Problem description
With both ends included, repeat exactly the lines of the entries below from the one containing "fn read(&mut self, alloc: Global, name: &str, limit: u32)" down to the one containing "keep(&mut self.files.reads, alloc, name)?;", and no others.

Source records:
=====

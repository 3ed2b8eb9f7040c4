//! Real files and the standard output: the trusted edge. No clause knows what the operating system
//! does: here it opens a file, and takes the bytes of a piece.

ghost use Rattle.std.specs.Prelude.{◌≡◌, None};

use crate::gathering::Gathering;
use crate::opening::{OpenedFiles, Opening};
use crate::output::Output;
use std::fs::File;
use std::io::Printer;
use std::{io, rt};

/// What opens real files, by names as the operating system takes them.
///
/// It tells neither what a name holds, nor which names were opened.
#[derive(Drop)]
pub struct HostOpening<'a, R> {
    rt: &'a R,
}

impl<R: rt::Files> Opening for HostOpening<'_, R> {
    type Reader = R::File;

    ghost holds = { λ _. None };

    ghost opened = { λ _. None };

    fn open(&mut self, name: &str) -> io::Result<R::File> {
        File::open(self.rt, name)
    }
}

/// Real files. A directory, a missing file and one that may not be read are `Failed`.
///
/// They tell neither what a name holds nor which names were read; the name of the last failed read they tell.
pub type HostFiles<'a, R> = OpenedFiles<HostOpening<'a, R>>;

impl<'a, R: rt::Files> OpenedFiles<HostOpening<'a, R>> {
    ghost use Rattle.outside_io.specs.Opening.{faults_of};

    /// Real files, none of which failed yet. It keeps the runtime value.
    pub fn new(rt: &'a R) -> Self
        ensures no_fault { faults_of result ≡ 0 }
    {
        OpenedFiles::of(HostOpening { rt })
    }
}

/// The standard output. Pieces are gathered, and written where the next one finds no room and at
/// each `flush`; so a text is written whole only once `flush` answered `Ok`.
///
/// It doesn't tell its bytes. What was gathered waits still after a write that failed.
pub type StdoutSink<'a, R> = Gathering<Output<Printer<'a, R>>>;

impl<'a, R: Print> Gathering<Output<Printer<'a, R>>> {
    ghost use Rattle.outside_io.specs.Gathering.{sink_of};
    ghost use Rattle.outside_io.specs.Output.{faults_of};

    /// The standard output, which didn't fail yet. It keeps the runtime value.
    pub fn new(rt: &'a R) -> Self
        ensures no_fault { faults_of (sink_of result) ≡ 0 }
    {
        Gathering::of(Output::of(io::writer(rt)))
    }
}
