//! Files in memory, none of whose reads fails.

ghost use Rattle.std.specs.Prelude.{◌≡◌, ℕ, ◌<◌, List, [], IfOk, IsErrOf, length, map, string_bytes};
ghost use Rattle.std.specs.Option.{unwrap_or};

use crate::files::{FileError, Files};
use crate::memory_files::{MemoryFiles, keep};
use std::alloc::Global;

/// Files in memory that hold something under every name, so that no read fails.
///
/// It tells what each name holds, the names that were read, and that no read failed; its count of
/// faults is 0.
#[derive(Drop)]
pub struct SteadyFiles {
    files: MemoryFiles,
}

impl SteadyFiles {
    ghost use Rattle.outside_io.specs.MemoryFiles.{held_by, reads_of as reads_before};
    ghost use Rattle.outside_io.specs.SteadyFiles.{content_of, reads_of};

    /// Every name holds what it holds in `files`, and no byte where it isn't held there. The calls
    /// that are listed there to fail don't fail here. The names that were read there stand before
    /// those that are read here. It takes no memory.
    pub fn new(files: MemoryFiles) -> Self
        ensures held { (name : List ℕ)
            → content_of result name ≡ unwrap_or (held_by files name) [] }
        ensures reads { reads_of result ≡ reads_before files }
    {
        SteadyFiles { files }
    }

    /// The names that were read, in order, lent. A call that found no memory to keep its name read
    /// nothing.
    pub fn reads(&self) -> &[String]
        ensures { map string_bytes result.now ≡ reads_of self.now }
    {
        self.files.reads()
    }
}

impl Files for SteadyFiles {
    ghost use Rattle.outside_io.specs.Files.{ReadsFile};
    ghost use Rattle.outside_io.specs.SteadyFiles.{content_of, seen_of};

    ghost seen = { seen_of };

    /// `Failed` never comes. Want of memory alone may stand in place of each other answer.
    fn read(&mut self, alloc: Global, name: &str, limit: u32) -> Result<Vec<u8>, FileError>
        ensures reads { ReadsFile (seen_of self.old) (seen_of self.new) result limit name.now }
        ensures content { IfOk result (λ bytes. bytes.items ≡ content_of self.old name.now) }
        ensures too_long { IsErrOf result FileError.TooLong →
            limit < length (content_of self.old name.now) }
        ensures never_fails { IsErrOf result FileError.Failed → ⊥ }
        ensures keeps { content_of self.new ≡ content_of self.old }
    {
        keep(&mut self.files.reads, alloc, name)?;
        match self.files.content(name) {
            Some(bytes) if bytes.len() <= limit as usize => Ok(bytes.to_vec(alloc)?),
            Some(_) => Err(FileError::TooLong),
            None => Ok(Vec::new(alloc)),
        }
    }
}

=====

Answer to the problem
    fn read(&mut self, alloc: Global, name: &str, limit: u32) -> Result<Vec<u8>, FileError>
        ensures reads { ReadsFile (seen_of self.old) (seen_of self.new) result limit name.now }
        ensures content { IfOk result (λ bytes. bytes.items ≡ content_of self.old name.now) }
        ensures too_long { IsErrOf result FileError.TooLong →
            limit < length (content_of self.old name.now) }
        ensures never_fails { IsErrOf result FileError.Failed → ⊥ }
        ensures keeps { content_of self.new ≡ content_of self.old }
    {
        keep(&mut self.files.reads, alloc, name)?;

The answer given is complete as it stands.